In particular, things like collapse of the wave-function (for example) present
some difficulty for (b) -- not for (a) -- which is what QBism is trying to
address. It's also why you don't get problems to solve here, and why I
recommended "Quantum Mechanics as Quantum Information, Mostly". Yes, it's
written casually (have a look at Fuchs' and others' publications on the arXiv
that made it to scientific journals if you want fewer asides about children)
but the casual nature is because this is about how we view the problems in the
first place, and why we make the calculations we do, not how to carry out the
specific calculations.

Consider this (example stolen from Fuchs, somewhere): We knew the correct
equations of special relativity years before Einstein came along -- that's why
it's called the Lorentz transform, not the Einstein transform. But Einstein's
genius was to boil things down to two laws (within an inertial reference
frame, typical laws of motion hold, and the speed of light is the same in all
reference frames). From _there_ we moved from simple calculations that we
already knew how to do to a much deeper understanding of the subject. That's
what Fuchs' and others working on interpretations of QM are trying to do --
not change the way we make calculations, but understand why the laws are the
way they are in the hopes of extracting something new and different from that
knowledge.

------
stared
QM interpretation is a subtle thing and QBism makes a lot of sense. Yet (IMHO)
it trades practical interpretation for some (nomen omen) purity.

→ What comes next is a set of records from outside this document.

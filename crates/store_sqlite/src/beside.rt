//! The file of a database and its log by their names, outside the time in which they are open.

use std::fs::OpenOptions;
use std::io::ErrorKind;
use std::os::unix::fs::OpenOptionsExt;
use std::rt::HostRuntime;
use std::{fs, io};

// Reading and writing for the owner of a file, and nothing for others.
const PRIVATE: u32 = 0o600;

// What `sqlite` takes for no name of a file.
fn is_no_name(path: &str) -> bool {
    path == ":memory:" || path.starts_with("file:")
}

/// Makes an empty file that its owner alone may read and write, unless something has the name. The log takes its mode.
///
/// # Errors
///
/// If it can't be made. The opening of the database then fails too.
pub fn make_private(rt: &HostRuntime, path: &str) -> io::Result<()> {
    if is_no_name(path) {
        return Ok(());
    }
    match OpenOptions::new()
        .write(true)
        .create_new(true)
        .mode(PRIVATE)
        .open(rt, path)
    {
        Ok(_) => Ok(()),
        Err(error) if error.kind() == ErrorKind::AlreadyExists => Ok(()),
        Err(error) => Err(error),
    }
}

/// The name that the log of the file at this path will get: `None` if there is one, or if the system doesn't say.
pub fn missing_log(rt: &HostRuntime, path: &str) -> Option<String> {
    if is_no_name(path) {
        return None;
    }
    let target = fs::canonicalize(rt, path).ok()?;
    let log = format!(in rt.alloc(); "{}-wal", target.display()).ok()?;
    match fs::exists(rt, &log) {
        Ok(false) => Some(log),
        _ => None,
    }
}

/// Removes a log that an opening has made and in which nothing was written, before its database is closed. If that fails, an
/// empty log stays.
pub fn remove_log(rt: &HostRuntime, log: &Option<String>) {
    if let Some(log) = log {
        let _removed = fs::remove_file(rt, log);
    }
}
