//! A keeper that gets its connection when it is opened.

ghost use Rattle.std.specs.Prelude.{◌≡◌, ℕ, IfSome};
ghost use Rattle.std.specs.Option.{option_map};
ghost use Rattle.store_sqlite.specs.Opened.{opened_state, IsUnopened, IsOver};

use crate::connected::Connected;
use crate::fault::{DatabaseFault, Refusals};
use crate::opener::{Opener, Ready};
use base_value::Bytes;
use sqlite::{Alter, Connection};
use std::alloc::Global;
use std::rt::HostRuntime;
use store_kv::{Batch, KeepFail, Keeper, KeptRow};

/// The tables in a SQL database. Until it is opened it has an opener alone, and each other call fails.
///
/// While the connection is open, it's outside a transaction, and its database has the table `kept` alone or no table at all,
/// the keeper tells its tables. A connection ceases to be open only by a fault that it counts.
#[derive(Drop)]
pub struct SqlKeeper<O: Opener> {
    opener: O,
    connected: Option<Connected<O::Base>>,
    refusals: Refusals,
}

impl<O: Opener> SqlKeeper<O> {
    /// A keeper that isn't opened.
    pub fn new(opener: O) -> SqlKeeper<O>
        ensures { IsUnopened (O.tells opener) (⟦<SqlKeeper<O> as Keeper>⟧.state result) }
    {
        SqlKeeper {
            opener,
            connected: None,
            refusals: Refusals::none(),
        }
    }

    /// Why the last call that returned `Failed` did so: `None` if no call has.
    pub fn last_fault(&self) -> Option<DatabaseFault> {
        match &self.connected {
            Some(connected) => connected.last_fault(),
            None => self.refusals.last(),
        }
    }
}

impl<O: Opener + Drop> SqlKeeper<O> {
    /// Hands the connection back: `None` exactly if the keeper has none, as before it is opened.
    pub fn release(self) -> Option<Connection<O::Base>>
        ensures connection { result ≡ option_map (λ c. c.conn) self.connected }
        ensures over { IfSome result (λ c. IsOver O.Base.Store c (⟦<SqlKeeper<O> as Keeper>⟧.state self)) }
    {
        let SqlKeeper {
            opener: _,
            connected,
            refusals: _,
        } = self;
        match connected {
            Some(connected) => Some(connected.release()),
            None => None,
        }
    }
}

impl<S: Alter + Drop> SqlKeeper<Ready<S>> {
    /// A keeper over this connection. It has to be opened too, since that makes the table.
    pub fn adopt(conn: Connection<S>) -> SqlKeeper<Ready<S>>
        ensures over { IsOver S.Store conn (⟦<SqlKeeper<Ready<S>> as Keeper>⟧.state result) }
        ensures faults { (⟦<SqlKeeper<Ready<S>> as Keeper>⟧.state result).faults ≡ 0 }
        ensures shown { (table : ℕ) → (⟦<SqlKeeper<Ready<S>> as Keeper>⟧.state result).shown table ≡ 0 }
        ensures written { (⟦<SqlKeeper<Ready<S>> as Keeper>⟧.state result).written ≡ 0 }
    {
        SqlKeeper {
            opener: Ready::new(),
            connected: Some(Connected::resume(conn, Refusals::none())),
            refusals: Refusals::none(),
        }
    }
}

impl<S: Alter + Drop> SqlKeeper<Ready<S>> {
    /// As `adopt`. The keeper also says the fault of each call that fails in a line on standard error, as
    /// `carmuguur: the store: the disk is full`.
    pub fn adopt_saying(rt: HostRuntime, conn: Connection<S>) -> SqlKeeper<Ready<S>>
        ensures over { IsOver S.Store conn (⟦<SqlKeeper<Ready<S>> as Keeper>⟧.state result) }
        ensures faults { (⟦<SqlKeeper<Ready<S>> as Keeper>⟧.state result).faults ≡ 0 }
        ensures shown { (table : ℕ) → (⟦<SqlKeeper<Ready<S>> as Keeper>⟧.state result).shown table ≡ 0 }
        ensures written { (⟦<SqlKeeper<Ready<S>> as Keeper>⟧.state result).written ≡ 0 }
    {
        SqlKeeper {
            opener: Ready::new(),
            connected: Some(Connected::resume(conn, Refusals::saying(rt))),
            refusals: Refusals::none(),
        }
    }
}

impl<O: Opener> Keeper for SqlKeeper<O> {
    ghost use Rattle.store_sqlite.specs.Opened.{opened_settled};
    ghost use Rattle.store_sqlite.specs.Laws.{settled_by};

    ghost state = { λ k. opened_state ⟦<Connected<O::Base> as Keeper>⟧.state (O.tells k.opener) k.refusals.count k.connected };

    fn open(&mut self, alloc: Global) -> Result<(), KeepFail> {
        if let Some(connected) = &mut self.connected {
            return connected.open(alloc);
        }
        match self.opener.connect(alloc) {
            Ok(conn) => {
                let mut connected = Connected::resume(conn, self.refusals);
                let opened = connected.open(alloc);
                self.connected = Some(connected);
                opened
            }
            Err(error) => Err(self.refusals.refuse(error)),
        }
    }

    fn get(&mut self, alloc: Global, table: u8, key: &[u8]) -> Result<Option<Bytes>, KeepFail> {
        let Some(connected) = &mut self.connected else {
            self.refusals.add(DatabaseFault::NotOpened);
            return Err(KeepFail::Failed);
        };
        connected.get(alloc, table, key)
    }

    fn scan(
        &mut self,
        alloc: Global,
        table: u8,
        from: &[u8],
        below: &[u8],
        limit: usize,
    ) -> Result<Vec<KeptRow>, KeepFail> {
        let Some(connected) = &mut self.connected else {
            self.refusals.add(DatabaseFault::NotOpened);
            return Err(KeepFail::Failed);
        };
        connected.scan(alloc, table, from, below, limit)
    }

    fn apply(&mut self, alloc: Global, batch: &Batch) -> Result<(), KeepFail> {
        let Some(connected) = &mut self.connected else {
            self.refusals.add(DatabaseFault::NotOpened);
            return Err(KeepFail::Failed);
        };
        connected.apply(alloc, batch)
    }

    ghost settled = { λ k. opened_settled ⟦<Connected<O::Base> as Keeper>⟧.state (λ c. settled_by (record {
      view = O.Base.Store.view;
      faults = O.Base.Store.faults;
      recovers = O.Base.Store.recovers;
      is_shielded = O.Base.Store.is_shielded;
      is_step = O.Base.Store.is_step;
      blamed = O.Base.Store.blamed;
      names = O.Base.Store.names;
    }) c.conn O.Base.Store.settled O.Base.Store.stays c.refusals.count c.shown c.written) (O.tells k.opener) k.refusals.count k.connected };
}
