/// Asks for the rows with `from <= key < below`, in the order of their keys: rows of two columns, key and row. The first
/// `limit` rows are meant; there may be more only if the limit is no number of SQL.
pub(crate) fn rows_in<S: Alter>(
    conn: &mut Connection<S>,
    table: u8,
    from: &[u8],
    below: &[u8],
    limit: usize,
) -> Result<Vec<Row>, Error>
    ensures rows { IsReady (state S.Store conn.old) → HasCleanDisk (state S.Store conn.new)
        → IfOk result (λ rows. take limit (map kept_row rows.items)
        ≡ take limit (rows_between (map_in (state S.Store conn.old).now.trees) table from.now below.now)) }
    ensures stays { HasCleanDisk (state S.Store conn.new)
        → Stays (state S.Store conn.old) (state S.Store conn.new) }
    ensures was_open { HasCleanDisk (state S.Store conn.new)
        → WasOpen (state S.Store conn.old) (state S.Store conn.new) }
    ensures keeps { Keeps (state S.Store conn.old) (state S.Store conn.new) }
    ensures trusted { HasCleanDisk (state S.Store conn.new) → OnOk result (IsTrue (state S.Store conn.new).is_open) }
    ensures survives { Survives (state S.Store conn.old) (state S.Store conn.new) (λ _. ⊥) }
{
    // Only one list is a listing of an interval.
    walk_laws();
    conn.query_all(
        "SELECT k, r FROM kept WHERE t = ?1 AND k >= ?2 AND k < ?3 ORDER BY k LIMIT ?4",
        params![u32::from(table), from, below, sql_limit(limit)],
    )
}

// A row of `rows_in` in the keeper's form.
fn read_row(row: &Row) -> Result<KeptRow, Error>
    ensures { IfOk result (λ it. it ≡ kept_row row.now) }
{
    let key = row.get(0)?;
    let value = row.get(1)?;
    Ok(KeptRow {
        key: Bytes::from_vec(key),
        row: Bytes::from_vec(value),
    })
}

/// The rows of `rows_in` in the keeper's form.
pub(crate) fn kept_rows(alloc: Global, rows: &[Row]) -> Result<Vec<KeptRow>, Error>
    ensures { IfOk result (λ all. all.items ≡ map kept_row rows.now) }
{
    let mut all = Vec::new(alloc);
    for row in rows {
        let row = read_row(row)?;
        if all.push(row).is_err() {
            return Err(Error::SqliteFailure(ErrorCode::OutOfMemory));
        }
    }
    Ok(all)
}

// Sets the row of a key.
fn put_row<S: Alter>(
    tx: &mut Transaction<'_, S>,
    table: u8,
    key: &[u8],
    row: &[u8],
) -> Result<usize, Error>
    ensures same_reference { tx.new.conn.ghost_name ≡ tx.old.conn.ghost_name }
    ensures done { HasCleanDisk (state S.Store tx.new.conn.now) → IsTrue (state S.Store tx.old.conn.now).in_transaction
        → IsGood (state S.Store tx.old.conn.now)
        → OnOk result (IsPending (state S.Store tx.old.conn.now) (state S.Store tx.new.conn.now)
        (after_change (Change.Put table key.now row.now) (tables_in (state S.Store tx.old.conn.now).now.trees))) }
    ensures undone { HasCleanDisk (state S.Store tx.new.conn.now)
        → IsTrue (state S.Store tx.old.conn.now).in_transaction
        → OnErr result (Undoes (state S.Store tx.old.conn.now) (state S.Store tx.new.conn.now)) }
    ensures inside { HasCleanDisk (state S.Store tx.new.conn.now)
        → IsTrue (state S.Store tx.old.conn.now).in_transaction
        → OnOk result (GoesOn (state S.Store tx.old.conn.now) (state S.Store tx.new.conn.now)) }
    ensures survives { Survives (state S.Store tx.old.conn.now) (state S.Store tx.new.conn.now) (λ _. ⊥) }
{
    tx.execute(
        "INSERT INTO kept (t, k, r) VALUES (?1, ?2, ?3) ON CONFLICT (t, k) DO UPDATE SET r = excluded.r",
        params![u32::from(table), key, row],
    )
}

// Removes the row of a key, if there is one.
fn remove_row<S: Alter>(tx: &mut Transaction<'_, S>, table: u8, key: &[u8]) -> Result<usize, Error>
    ensures same_reference { tx.new.conn.ghost_name ≡ tx.old.conn.ghost_name }
    ensures done { HasCleanDisk (state S.Store tx.new.conn.now) → IsTrue (state S.Store tx.old.conn.now).in_transaction
        → IsGood (state S.Store tx.old.conn.now)
        → OnOk result (IsPending (state S.Store tx.old.conn.now) (state S.Store tx.new.conn.now)
        (after_change (Change.Remove table key.now) (tables_in (state S.Store tx.old.conn.now).now.trees))) }
    ensures undone { HasCleanDisk (state S.Store tx.new.conn.now)
        → IsTrue (state S.Store tx.old.conn.now).in_transaction
        → OnErr result (Undoes (state S.Store tx.old.conn.now) (state S.Store tx.new.conn.now)) }
    ensures inside { HasCleanDisk (state S.Store tx.new.conn.now)
        → IsTrue (state S.Store tx.old.conn.now).in_transaction
        → OnOk result (GoesOn (state S.Store tx.old.conn.now) (state S.Store tx.new.conn.now)) }
    ensures survives { Survives (state S.Store tx.old.conn.now) (state S.Store tx.new.conn.now) (λ _. ⊥) }
{
    tx.execute(
        "DELETE FROM kept WHERE t = ?1 AND k = ?2",
        params![u32::from(table), key],
    )
}

// Makes one change.
fn make_change<S: Alter>(tx: &mut Transaction<'_, S>, change: &Change) -> Result<usize, Error>
    ensures same_reference { tx.new.conn.ghost_name ≡ tx.old.conn.ghost_name }
    ensures done { HasCleanDisk (state S.Store tx.new.conn.now) → IsTrue (state S.Store tx.old.conn.now).in_transaction
        → IsGood (state S.Store tx.old.conn.now)
        → OnOk result (IsPending (state S.Store tx.old.conn.now) (state S.Store tx.new.conn.now)
        (after_change change.now (tables_in (state S.Store tx.old.conn.now).now.trees))) }
    ensures undone { HasCleanDisk (state S.Store tx.new.conn.now)
        → IsTrue (state S.Store tx.old.conn.now).in_transaction
        → OnErr result (Undoes (state S.Store tx.old.conn.now) (state S.Store tx.new.conn.now)) }
    ensures inside { HasCleanDisk (state S.Store tx.new.conn.now)
        → IsTrue (state S.Store tx.old.conn.now).in_transaction
        → OnOk result (GoesOn (state S.Store tx.old.conn.now) (state S.Store tx.new.conn.now)) }
    ensures survives { Survives (state S.Store tx.old.conn.now) (state S.Store tx.new.conn.now) (λ _. ⊥) }
{
    match change {
        Change::Put { table, key, row } => put_row(tx, *table, key.as_slice(), row.as_slice()),
        Change::Remove { table, key } => remove_row(tx, *table, key.as_slice()),
    }
}
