//! What a keeper gets its connection from.

ghost use Rattle.std.specs.Prelude.{IfOk, IsTrue};
ghost use Rattle.sqlite.specs.State.{HasCleanDisk};
ghost use Rattle.sqlite.specs.Held.{state};
ghost use Rattle.store_sqlite.specs.Kept.{IsBlank};

use crate::beside::{make_private, missing_log, remove_log};
use crate::statements::has_others;
use sqlite::{Alter, Connection, Error, ErrorCode, File, FileStore, MemStore};
use std::alloc::Global;
use std::marker::PhantomData;
use std::rt::HostRuntime;

/// Makes the connection of a keeper, when that is opened.
pub trait Opener {
    /// What holds the database: memory, or files.
    type Base: Alter + Drop;

    // It tells that a connection which it makes is to a database without a table.
    ghost tells: { Self → Type 0 };

    /// A new connection, which is open.
    ///
    /// # Errors
    ///
    /// Why the database couldn't be opened; `ErrorCode::OutOfMemory` if out of memory.
    fn connect(&mut self, alloc: Global) -> Result<Connection<Self::Base>, Error>
        ensures open { IfOk result (λ c. HasCleanDisk (state Self.Base.Store c) → IsTrue (state Self.Base.Store c).is_open) }
        ensures blank { tells self.old
            → IfOk result (λ c. HasCleanDisk (state Self.Base.Store c) → IsBlank (state Self.Base.Store c)) }
        ensures same { tells self.old → tells self.new };
}

/// An empty database in memory, which is gone with its keeper.
#[derive(Debug, Drop)]
pub struct InMemory {}

impl Opener for InMemory {
    type Base = MemStore;

    ghost tells = { λ _. Unit {0} };

    fn connect(&mut self, alloc: Global) -> Result<Connection<MemStore>, Error> {
        match Connection::open_in_memory(alloc) {
            Ok(connection) => Ok(connection),
            Err(_) => Err(Error::SqliteFailure(ErrorCode::OutOfMemory)),
        }
    }
}

/// The database in the file at a path, which is made if it's missing, for its owner alone to read and write.
///
/// What the file holds isn't told. A database that has any table but `kept` is refused, and left as it is. Beside the file
/// is its log, named with `-wal` at the end: keep the two together.
#[derive(Drop)]
pub struct OnPath {
    rt: HostRuntime,
    path: String,
}

impl OnPath {
    /// The database at this path. No file is touched before the keeper is opened.
    pub fn new(rt: HostRuntime, path: String) -> OnPath {
        OnPath { rt, path }
    }
}

impl Opener for OnPath {
    type Base = FileStore<File>;

    ghost tells = { λ _. ⊥ };

    fn connect(&mut self, _alloc: Global) -> Result<Connection<FileStore<File>>, Error> {
        let _made = make_private(&self.rt, self.path.as_str());
        let log = missing_log(&self.rt, self.path.as_str());
        let mut conn = Connection::open(&self.rt, self.path.as_str())?;
        match has_others(&mut conn) {
            Ok(false) => Ok(conn),
            Ok(true) => {
                remove_log(&self.rt, &log);
                Err(Error::SqliteFailure(ErrorCode::NameTaken))
            }
            Err(error) => Err(error),
        }
    }
}

/// The opener of a keeper that has had its connection from the start. It is never asked for one.
#[derive(Drop)]
pub struct Ready<S> {
    of: PhantomData<S>,
}

impl<S> Ready<S> {
    pub(crate) fn new() -> Ready<S> {
        Ready { of: PhantomData }
    }
}

impl<S: Alter + Drop> Opener for Ready<S> {
    type Base = S;

    ghost tells = { λ _. ⊥ };

    fn connect(&mut self, _alloc: Global) -> Result<Connection<S>, Error> {
        Err(Error::SqliteFailure(ErrorCode::CannotOpen))
    }
}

In QM you can describe a quantum state with a wavefunction (to incorporate
quantum ignorance) or a density matrix (to incorporate both quantum and
classical ignorance). (A for classical ignorance only, one would just use
probability vector).

States than can be described with just a wavefuctions are called pure states.
And many-world interpretation revolves around having _only_ pure states (so,
while being unsettling, does not add other assumptions and is, well... more
pure). In QBsim pure states are not singled out.

Having said that, if you are coming to QM, QBism will protect you against a
lot of BS. :)

And BTW: I remember my meeting with Chris Fuchs. It was a very illuminating
story how did he turned from a (sinful) frequentist to an (enlightened)
bayesianist. And how we should focus on knowing and not knowing things, rather
that consider reality as an abstract thing.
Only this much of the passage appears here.